__What to work on__. This task calls for copying every line in the data below that contains the word "AllocError".

__Information shown__.

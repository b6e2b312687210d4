// The items of GET and PUT.

ghost use Rattle.std.specs.Prelude.{◌≡◌, None, map, IfOk, OnOk};
ghost use Rattle.pli_language.specs.declared.fault.SourceKind.TheVariants.{TypeMismatch};
ghost use Rattle.pli_typing.specs.Assigning as A;
ghost use Rattle.pli_typing.specs.Converting as C;
ghost use Rattle.pli_typing.specs.Judging.{each};
ghost use Rattle.pli_language.specs.Refusals.{fault};
ghost use Rattle.pli_typing.specs.TypedStatementView.{get_item_of, get_pair_of, put_item_of, put_pair_of};
ghost use Rattle.pli_typing.specs.TypedTree as Y;
ghost use Rattle.pli_typing.specs.TypedView.{value_of};
ghost use Rattle.pli_language.specs.View.{formats_of, option_of};
ghost use Rattle.pli_operand.specs.Notes.{noted, with_fault};
ghost use Rattle.pli_operand.specs.Shown.{designated_of, notes_of, operand_of, referent_of};

use crate::computational::computational;
use crate::reading::{all_read, all_written, holds_fixed};
use pli_language::expr::Place;
use pli_language::fault::SourceKind;
use pli_language::stmt::Formats;
use pli_operand::notes::Notes;
use pli_operand::operand::{Designated, Operand, Referent};
use pli_operand::shape::is_aggregate;
use pli_operand::stored::no_reference;
use pli_operand::value::referent_value;
use pli_typing::typed::{GetItem, GetPair, PutItem, PutPair, Value};
use std::alloc::{AllocError, Global};

/// A scalar, or an aggregate element by element.
fn get_designated<'a>(designated: Designated<'_, 'a>) -> GetItem<'a>
    ensures { get_item_of result ≡ A.get_designated (designated_of designated.entry) }
{
    if is_aggregate(&designated) {
        GetItem::Aggregate(designated.reference)
    } else {
        GetItem::Scalar(designated.reference)
    }
}

/// What is read into, where each leaf can be.
#[tactic(auto, using(pli_operand::proofs::Noting::noting))]
fn get_variable<'a>(
    notes: &mut Notes,
    has_fixed: bool,
    place: Place,
    designated: Designated<'_, 'a>,
) -> GetItem<'a>
    ensures noted { notes_of notes.new ≡ noted (notes_of notes.old) (A.get_referent has_fixed place (C.Designates (designated_of designated.entry))) }
    ensures value { get_item_of result ≡ (A.get_referent has_fixed place (C.Designates (designated_of designated.entry))).value }
{
    let reads = all_read(has_fixed, &designated);
    notes.demand(reads, place, SourceKind::TypeMismatch);
    get_designated(designated)
}

/// Nothing is read into what is no variable.
#[tactic(auto, using(pli_operand::proofs::Noting::noting))]
fn no_get<'a>(notes: &mut Notes, place: Place) -> GetItem<'a>
    ensures noted { notes_of notes.new ≡ with_fault (notes_of notes.old) (fault place TypeMismatch) }
    ensures value { get_item_of result ≡ Y.GetScalar C.no_reference }
{
    notes.broken(place, SourceKind::TypeMismatch);
    GetItem::Scalar(no_reference())
}

/// Nothing is read into a value.
#[tactic(auto, using(pli_operand::proofs::Noting::noting))]
fn get_value<'a>(notes: &mut Notes, place: Place, _value: Value<'a>) -> GetItem<'a>
    ensures noted { notes_of notes.new ≡ with_fault (notes_of notes.old) (fault place TypeMismatch) }
    ensures value { get_item_of result ≡ Y.GetScalar C.no_reference }
{
    no_get(notes, place)
}

#[tactic(auto, using(pli_operand::proofs::Noting::noting))]
fn get_referent<'a>(
    notes: &mut Notes,
    has_fixed: bool,
    place: Place,
    referent: Referent<'_, 'a>,
) -> GetItem<'a>
    ensures noted { notes_of notes.new ≡ noted (notes_of notes.old) (A.get_referent has_fixed place (referent_of referent.entry)) }
    ensures value { get_item_of result ≡ (A.get_referent has_fixed place (referent_of referent.entry)).value }
{
    match referent {
        Referent::Designates(designated) => get_variable(notes, has_fixed, place, designated),
        Referent::Gives(value) => get_value(notes, place, value),
        Referent::UnknownValue | Referent::EmptyArea | Referent::Nothing => no_get(notes, place),
        Referent::NotKnown => GetItem::Scalar(no_reference()),
    }
}

/// What GET reads into, by a format list that holds an F or not.
#[tactic(auto, using(pli_operand::proofs::Noting::noting))]
fn get_item<'a>(notes: &mut Notes, has_fixed: bool, operand: Operand<'_, 'a>) -> GetItem<'a>
    ensures noted { notes_of notes.new ≡ noted (notes_of notes.old) (A.get_item has_fixed (operand_of operand.entry)) }
    ensures value { get_item_of result ≡ (A.get_item has_fixed (operand_of operand.entry)).value }
{
    get_referent(notes, has_fixed, operand.place, operand.referent)
}

/// Numbers, texts and bits are written.
#[tactic(auto, using(pli_operand::proofs::Noting::noting))]
fn put_value<'a>(notes: &mut Notes, place: Place, value: Option<Value<'a>>) -> PutItem<'a>
    ensures noted { notes_of notes.new ≡ noted (notes_of notes.old) (A.put_value place (option_of value_of value.entry)) }
    ensures value { put_item_of result ≡ (A.put_value place (option_of value_of value.entry)).value }
{
    PutItem::Value(computational(notes, place, value))
}

/// What has no value isn't written.
#[tactic(auto, using(pli_operand::proofs::Noting::noting))]
fn no_put<'a>(notes: &mut Notes, place: Place) -> PutItem<'a>
    ensures noted { notes_of notes.new ≡ with_fault (notes_of notes.old) (fault place TypeMismatch) }
    ensures value { put_item_of result ≡ Y.PutValue Y.NullValue }
{
    notes.broken(place, SourceKind::TypeMismatch);
    PutItem::Value(Value::Null)
}

/// The value of what is no aggregate.
#[tactic(auto, using(pli_operand::proofs::Noting::noting))]
fn put_scalar<'a>(
    alloc: Global,
    notes: &mut Notes,
    place: Place,
    designated: Designated<'_, 'a>,
) -> Result<PutItem<'a>, AllocError>
    ensures noted { OnOk result (notes_of notes.new ≡ noted (notes_of notes.old) (A.put_scalar (record { place = place; constant = None; referent = C.Designates (designated_of designated.entry) }))) }
    ensures value { IfOk result (λ i. put_item_of i ≡ (A.put_scalar (record { place = place; constant = None; referent = C.Designates (designated_of designated.entry) })).value) }
{
    let value = referent_value(alloc, notes, place, Referent::Designates(designated))?;
    Ok(put_value(notes, place, value))
}

/// An aggregate, where each leaf is written.
#[tactic(auto, using(pli_operand::proofs::Noting::noting))]
fn put_aggregate<'a>(notes: &mut Notes, place: Place, designated: Designated<'_, 'a>) -> PutItem<'a>
    ensures noted { notes_of notes.new ≡ noted (notes_of notes.old) (A.put_aggregate place (designated_of designated.entry)) }
    ensures value { put_item_of result ≡ (A.put_aggregate place (designated_of designated.entry)).value }
{
    let written = all_written(&designated);
    notes.demand(written, place, SourceKind::TypeMismatch);
    PutItem::Aggregate(designated.reference)
}

#[tactic(auto, using(pli_operand::proofs::Noting::noting))]
fn put_designated<'a>(
    alloc: Global,
    notes: &mut Notes,
    place: Place,
    designated: Designated<'_, 'a>,
) -> Result<PutItem<'a>, AllocError>
    ensures noted { OnOk result (notes_of notes.new ≡ noted (notes_of notes.old) (A.put_item (record { place = place; constant = None; referent = C.Designates (designated_of designated.entry) }))) }
    ensures value { IfOk result (λ i. put_item_of i ≡ (A.put_item (record { place = place; constant = None; referent = C.Designates (designated_of designated.entry) })).value) }
{
    if is_aggregate(&designated) {
        Ok(put_aggregate(notes, place, designated))
    } else {
        put_scalar(alloc, notes, place, designated)
    }
}

/// What PUT writes.
#[tactic(auto, using(pli_operand::proofs::Noting::noting))]
fn put_item<'a>(
    alloc: Global,
    notes: &mut Notes,
    operand: Operand<'_, 'a>,
) -> Result<PutItem<'a>, AllocError>
    ensures noted { OnOk result (notes_of notes.new ≡ noted (notes_of notes.old) (A.put_item (operand_of operand.entry))) }
    ensures value { IfOk result (λ i. put_item_of i ≡ (A.put_item (operand_of operand.entry)).value) }
{
    let Operand {
        place,
        referent,
        ..
    } = operand;
    match referent {
        Referent::Designates(designated) => put_designated(alloc, notes, place, designated),
        Referent::Gives(value) => Ok(put_value(notes, place, Some(value))),
        Referent::EmptyArea | Referent::Nothing => Ok(no_put(notes, place)),
        Referent::UnknownValue | Referent::NotKnown => Ok(PutItem::Value(Value::Null)),
    }
}

/// What is read into, each in its turn.
#[tactic(auto, using(pli_operand::proofs::Noting::noting, std::proofs::lemmas::List::map_push))]
fn get_items<'t, 'a>(
    alloc: Global,
    notes: &mut Notes,
    has_fixed: bool,
    operands: Vec<Operand<'t, 'a>>,
) -> Result<Vec<GetItem<'a>>, AllocError>
    ensures noted { OnOk result (notes_of notes.new ≡ noted (notes_of notes.old) (each (A.get_item has_fixed) (map operand_of operands.entry.items))) }
    ensures value { IfOk result (λ v. map get_item_of v.items ≡ (each (A.get_item has_fixed) (map operand_of operands.entry.items)).value) }
{
    let mut items = Vec::new(alloc);
    for operand in operands {
        items.push(get_item(notes, has_fixed, operand))?;
    }
    Ok(items)
}

/// A data list of GET with its format list.
#[tactic(auto, using(pli_operand::proofs::Noting::noting))]
pub fn get_pair<'t, 'a>(
    alloc: Global,
    notes: &mut Notes,
    formats: &'a Formats,
    operands: Vec<Operand<'t, 'a>>,
) -> Result<GetPair<'a>, AllocError>
    ensures noted { OnOk result (notes_of notes.new ≡ noted (notes_of notes.old) (A.get_pair (formats_of formats.now) (map operand_of operands.entry.items))) }
    ensures value { IfOk result (λ p. get_pair_of p ≡ (A.get_pair (formats_of formats.now) (map operand_of operands.entry.items)).value) }
{
    let items = get_items(alloc, notes, holds_fixed(formats), operands)?;
    Ok(GetPair { items, formats })
}

/// What is written, each in its turn.
#[tactic(auto, using(pli_operand::proofs::Noting::noting, std::proofs::lemmas::List::map_push))]
fn put_items<'t, 'a>(
    alloc: Global,
    notes: &mut Notes,
    operands: Vec<Operand<'t, 'a>>,
) -> Result<Vec<PutItem<'a>>, AllocError>
    ensures noted { OnOk result (notes_of notes.new ≡ noted (notes_of notes.old) (each A.put_item (map operand_of operands.entry.items))) }
    ensures value { IfOk result (λ v. map put_item_of v.items ≡ (each A.put_item (map operand_of operands.entry.items)).value) }
{
    let mut items = Vec::new(alloc);
    for operand in operands {
        items.push(put_item(alloc, notes, operand)?)?;
    }
    Ok(items)
}

/// A data list of PUT with its format list.
#[tactic(auto, using(pli_operand::proofs::Noting::noting))]
pub fn put_pair<'t, 'a>(
    alloc: Global,
    notes: &mut Notes,
    formats: &'a Formats,
    operands: Vec<Operand<'t, 'a>>,
) -> Result<PutPair<'a>, AllocError>
    ensures noted { OnOk result (notes_of notes.new ≡ noted (notes_of notes.old) (A.put_pair (formats_of formats.now) (map operand_of operands.entry.items))) }
    ensures value { IfOk result (λ p. put_pair_of p ≡ (A.put_pair (formats_of formats.now) (map operand_of operands.entry.items)).value) }
{
    let items = put_items(alloc, notes, operands)?;
    Ok(PutPair { items, formats })
}
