// Numbers, texts and bits, which each convert to numbers and to texts.

ghost use Rattle.std.specs.Prelude.{◌≡◌, Some, IfOk, OnOk};
ghost use Rattle.pli_language.specs.declared.fault.SourceKind.TheVariants.{TypeMismatch};
ghost use Rattle.pli_typing.specs.Assigning as A;
ghost use Rattle.pli_language.specs.Refusals.{fault};
ghost use Rattle.pli_typing.specs.TypedView.{value_of};
ghost use Rattle.pli_language.specs.View.{option_of};
ghost use Rattle.pli_operand.specs.Notes.{noted, with_fault};
ghost use Rattle.pli_operand.specs.Shown.{notes_of, operand_of};

use pli_language::expr::Place;
use pli_language::fault::SourceKind;
use pli_operand::notes::Notes;
use pli_operand::operand::Operand;
use pli_operand::value::operand_value;
use pli_typing::typed::Value;
use std::alloc::{AllocError, Global};

/// A value that converts to no number and no text.
#[tactic(auto, using(pli_operand::proofs::Noting::noting))]
fn mismatched<'a>(notes: &mut Notes, place: Place, value: Value<'a>) -> Value<'a>
    ensures noted { notes_of notes.new ≡ with_fault (notes_of notes.old) (fault place TypeMismatch) }
    ensures value { value_of result ≡ value_of value.entry }
{
    notes.broken(place, SourceKind::TypeMismatch);
    value
}

/// A value of a kind: a number, a text or a bit.
#[tactic(auto, using(pli_operand::proofs::Noting::noting))]
fn computational_value<'a>(notes: &mut Notes, place: Place, value: Value<'a>) -> Value<'a>
    ensures noted { notes_of notes.new ≡ noted (notes_of notes.old) (A.computational place (Some (value_of value.entry))) }
    ensures value { value_of result ≡ (A.computational place (Some (value_of value.entry))).value }
{
    match value {
        Value::Number { precision, value } => Value::Number { precision, value },
        Value::Text(text) => Value::Text(text),
        Value::Bit(bit) => Value::Bit(bit),
        Value::Pointer(pointer) => mismatched(notes, place, Value::Pointer(pointer)),
        Value::Offset { area, value } => mismatched(notes, place, Value::Offset { area, value }),
        Value::Null => mismatched(notes, place, Value::Null),
    }
}

/// A number, a text or a bit; nothing is wrong with what isn't known.
#[tactic(auto, using(pli_operand::proofs::Noting::noting))]
pub fn computational<'a>(notes: &mut Notes, place: Place, value: Option<Value<'a>>) -> Value<'a>
    ensures noted { notes_of notes.new ≡ noted (notes_of notes.old) (A.computational place (option_of value_of value.entry)) }
    ensures value { value_of result ≡ (A.computational place (option_of value_of value.entry)).value }
{
    match value {
        Some(value) => computational_value(notes, place, value),
        None => Value::Null,
    }
}

/// An operand that is a number, a text or a bit.
#[tactic(auto, using(pli_operand::proofs::Noting::noting))]
pub fn computational_operand<'a>(
    alloc: Global,
    notes: &mut Notes,
    operand: Operand<'_, 'a>,
) -> Result<Value<'a>, AllocError>
    ensures noted { OnOk result (notes_of notes.new ≡ noted (notes_of notes.old) (A.computational_operand (operand_of operand.entry))) }
    ensures value { IfOk result (λ v. value_of v ≡ (A.computational_operand (operand_of operand.entry)).value) }
{
    let place = operand.place;
    let value = operand_value(alloc, notes, operand)?;
    Ok(computational(notes, place, value))
}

__Worked solution__.
use std::alloc::{AllocError, Global};
) -> Result<PutItem<'a>, AllocError>
) -> Result<PutItem<'a>, AllocError>
) -> Result<PutItem<'a>, AllocError>
) -> Result<Vec<GetItem<'a>>, AllocError>
) -> Result<GetPair<'a>, AllocError>
) -> Result<Vec<PutItem<'a>>, AllocError>
) -> Result<PutPair<'a>, AllocError>
use std::alloc::{AllocError, Global};
) -> Result<Value<'a>, AllocError>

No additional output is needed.